▶ Work to complete:
Copy, word for word, the lines of the entries below between the one with "let sum = blocks::sums::sum_of(head, control);" and the one with "return Reason::Parity.refuse(HEAD +", inclusive, and leave out everything else.

▶ Exercise data:
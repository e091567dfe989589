// Reading a block of any kind up to its checksum, whatever stands behind its opening fields (SCOPE 3.6, 19.4, 23.6), and how many of its
// bytes were mended.
#![tactic(auto)]

ghost use Rattle.std.specs.Prelude.{◌≡◌, map, ◌+◌, ◌%◌, ◌^◌, ◌<◌, ◌≤◌, eqb, length, drop};
ghost use Rattle.laws.specs.Pick.{either};
ghost use Rattle.answer.specs.Rules.{judged};
ghost use Rattle.answer.specs.Values.{refused};
ghost use Rattle.std.specs.declared.result.Result.TheVariants.{Ok};
ghost use Rattle.blocks.specs.Block.{head_length};
ghost use Rattle.octet.specs.Decoding.{nib};
ghost use Rattle.kinds.specs.Reading.{front_in, one_of, control_part, front_rules, whole_rules, body_rules, sum_rules, mended_of};
ghost use Rattle.kinds.specs.Internal.{part_rules};

use answer::{Answer, Reason};
use blocks::HEAD;

// The first bytes of a block, which are control bytes whatever the control size is.
const FIRST: usize = 8;

// Checksum, control size and datatype_id are the first 24 bits; so much lies below the second and the third.
const ABOVE_SUM: usize = 256;

const ABOVE_CONTROL: usize = 262144;

// The blocks that are asked for: their datatype_id is one of two, and strings stand behind their control data or not.
#[derive(Clone, Copy)]
struct Asked {
    pub first: u8,
    pub second: u8,
    pub spoken: bool,
}

impl Asked {
    // What follows the frame, cut into control bytes and string bytes.
    fn judge_body(self, head: usize, raw: &[u8]) -> Answer
        requires { 8 ≤ length raw.now }
        ensures { result
            ≡ judged refused (body_rules (one_of self.first self.second) self.spoken head raw.now)
            (Ok (length (control_part self.spoken raw.now))) }
    {
        let length = control_length(self.spoken, raw);
        self.judge_parts(head, &raw[..length], &raw[length..])
    }

    // The same of the two.
    fn judge_parts(self, head: usize, control: &[u8], strings: &[u8]) -> Answer
        requires { (8 ≤ length control.now) × (length control.now + length strings.now < 2 ^ 63) }
        ensures { result
            ≡ judged refused (part_rules (one_of self.first self.second) self.spoken head (map nib control.now) strings.now)
            (Ok (length control.now)) }
    {
        let opening = fields::field_of(control, 0, 24);
        self.judge_front(head / 32, opening / ABOVE_CONTROL, control)?;
        judge_whole(head, opening % ABOVE_SUM, control, strings)
    }

    // 10 in its first eight bytes, 12, 13: what can be said of a block before it is read whole.
    fn judge_front(self, size: usize, kind: usize, control: &[u8]) -> Answer
        requires { (8 ≤ length control.now) × (kind ≡ (front_in (map nib control.now)).kind) }
        ensures { result ≡ judged refused (front_rules (one_of self.first self.second) self.spoken size (map nib control.now)) (Ok 0) }
    {
        let good = blocks::sums::sound(&control[..FIRST]);
        if good != FIRST {
            return Reason::Undecodable.refuse(HEAD + good);
        }
        if !self.is_kind(kind) {
            return Reason::OtherBlock.refuse(0);
        }
        if fields::field_of(control, 24, 2) != 0 {
            return Reason::OtherBlock.refuse(0);
        }
        if !self.is_whole(size) {
            return Reason::Length.refuse(0);
        }
        Ok(0)
    }

    // Whether a kind is one of the two.
    fn is_kind(self, kind: usize) -> bool
        ensures { result ≡ one_of self.first self.second kind }
    {
        kind == self.first as usize || kind == self.second as usize
    }

    // Whether so many bytes can be a block: without strings two go together.
    fn is_whole(self, size: usize) -> bool
        ensures { result ≡ either self.spoken (eqb (size % 2) 0) }
    {
        self.spoken || size % 2 == 0
    }
}

// Whether a record is a block of this application of one of two kinds, in clear, that can be read up to its checksum: how many of its
// bytes behind the head are control bytes. With strings these are as many as it says, without them all.
pub fn judge(application: u8, first: u8, second: u8, spoken: bool, rec: &[u8]) -> Answer
    ensures { result
        ≡ judged refused (sum_rules (one_of first second) spoken application rec.now)
        (Ok (length (control_part spoken (drop head_length rec.now)))) }
{
    let head = blocks::frames::judge(application, rec)?;
    let asked = Asked {
        first,
        second,
        spoken,
    };
    asked.judge_body(head, &rec[HEAD..])
}

// How many bytes of a record's block were mended: its part, and its control bytes that aren't images.
pub fn mended_in(spoken: bool, rec: &[u8]) -> usize
    ensures { result ≡ mended_of spoken rec.now }
{
    if !spoken || rec.len() < HEAD + FIRST {
        return blocks::sums::mended_in(rec);
    }
    let end = HEAD + control_length(spoken, &rec[HEAD..]);
    blocks::sums::mended_in(&rec[..end])
}

// How many of a block's bytes are control bytes.
fn control_length(spoken: bool, raw: &[u8]) -> usize
    requires { 8 ≤ length raw.now }
    ensures { (result ≡ length (control_part spoken raw.now)) × (8 ≤ result) × (result ≤ length raw.now) }
{
    if !spoken {
        return raw.len();
    }
    let control = 2 * fields::field_of(&raw[..FIRST], 8, 10);
    control.min(raw.len()).max(FIRST)
}

// 10 in any other control byte, 23, 11: the block says this sum.
fn judge_whole(head: usize, said: usize, control: &[u8], strings: &[u8]) -> Answer
    requires { (length control.now + length strings.now < 2 ^ 63) × (said ≡ (front_in (map nib control.now)).checksum) }
    ensures { result
        ≡ judged refused (whole_rules head (map nib control.now) strings.now)
        (Ok (length control.now)) }
{
    let sum = blocks::sums::sum_of(head, control);
    if 255 < sum {
        return Reason::Undecodable.refuse(HEAD + blocks::sums::sound(control));
    }
    let odd = parity::odds(strings);
    if odd != strings.len() {
        return Reason::Parity.refuse(HEAD + control.len() + odd);
    }
    if said != sum {
        return Reason::Checksum.refuse(0);
    }
    Ok(control.len())
}
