// Where parts of a program stand, by the index of a token; what a word is; how many names are in reach.
ghost use Rattle.std.specs.Prelude.{◌≡◌, cond, ◌+◌, ◌-◌, ◌%◌, min, eqb, ltb};

use cells::cell;

// The body of a definition stands behind the bracket that closes its parameters: "`(define F [x ..] t)`".
pub fn body_behind(close: usize) -> u16
    ensures { result ≡ (min close 4097 + 1) % 65536 }
{
    cell::low(close.min(4097) + 1)
}

// The number of the last of so many definitions.
pub fn last_of(count: usize) -> usize
    ensures { result ≡ count - 1 }
{
    count.saturating_sub(1)
}

// The bracket that opens the definition whose name stands here: "`(define F [x ..] t)`".
pub fn bracket_of(name: usize) -> usize
    ensures { result ≡ name - 2 }
{
    name.saturating_sub(2)
}

// The key of `cons` (words/src/keys.rt): "e: `(cons e e)`, xe or ea".
pub fn is_pair(key: u16) -> bool
    ensures { result ≡ eqb key 8 }
{
    key == 8
}

// How many names are in reach with one more: the place of the next. They have 144 cells.
pub fn with_one(used: usize) -> usize
    ensures { result ≡ cond (ltb used 144) (used + 1) used }
{
    if used < 144 {
        return used + 1;
    }
    used
}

▶ Output of the task:
    let sum = blocks::sums::sum_of(head, control);
    if 255 < sum {
        return Reason::Undecodable.refuse(HEAD + blocks::sums::sound(control));
    }
    let odd = parity::odds(strings);
    if odd != strings.len() {
        return Reason::Parity.refuse(HEAD + control.len() + odd);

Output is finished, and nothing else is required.